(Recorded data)
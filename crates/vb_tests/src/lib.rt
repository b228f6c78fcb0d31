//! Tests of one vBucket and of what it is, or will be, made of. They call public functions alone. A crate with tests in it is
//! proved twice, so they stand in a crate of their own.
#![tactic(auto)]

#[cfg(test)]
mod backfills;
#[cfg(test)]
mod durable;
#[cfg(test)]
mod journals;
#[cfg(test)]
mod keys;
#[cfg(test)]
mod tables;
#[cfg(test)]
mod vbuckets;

- YOUR GOAL -
Give the entries again, every one of them exactly.

- REPLY -
filename crates/vb_tests/src/lib.rt
repository b228f6c78fcb0d31
//! Tests of one vBucket and of what it is, or will be, made of. They call public functions alone. A crate with tests in it is
//! proved twice, so they stand in a crate of their own.
#![tactic(auto)]

#[cfg(test)]
mod backfills;
#[cfg(test)]
mod durable;
#[cfg(test)]
mod journals;
#[cfg(test)]
mod keys;
#[cfg(test)]
mod tables;
#[cfg(test)]
mod vbuckets;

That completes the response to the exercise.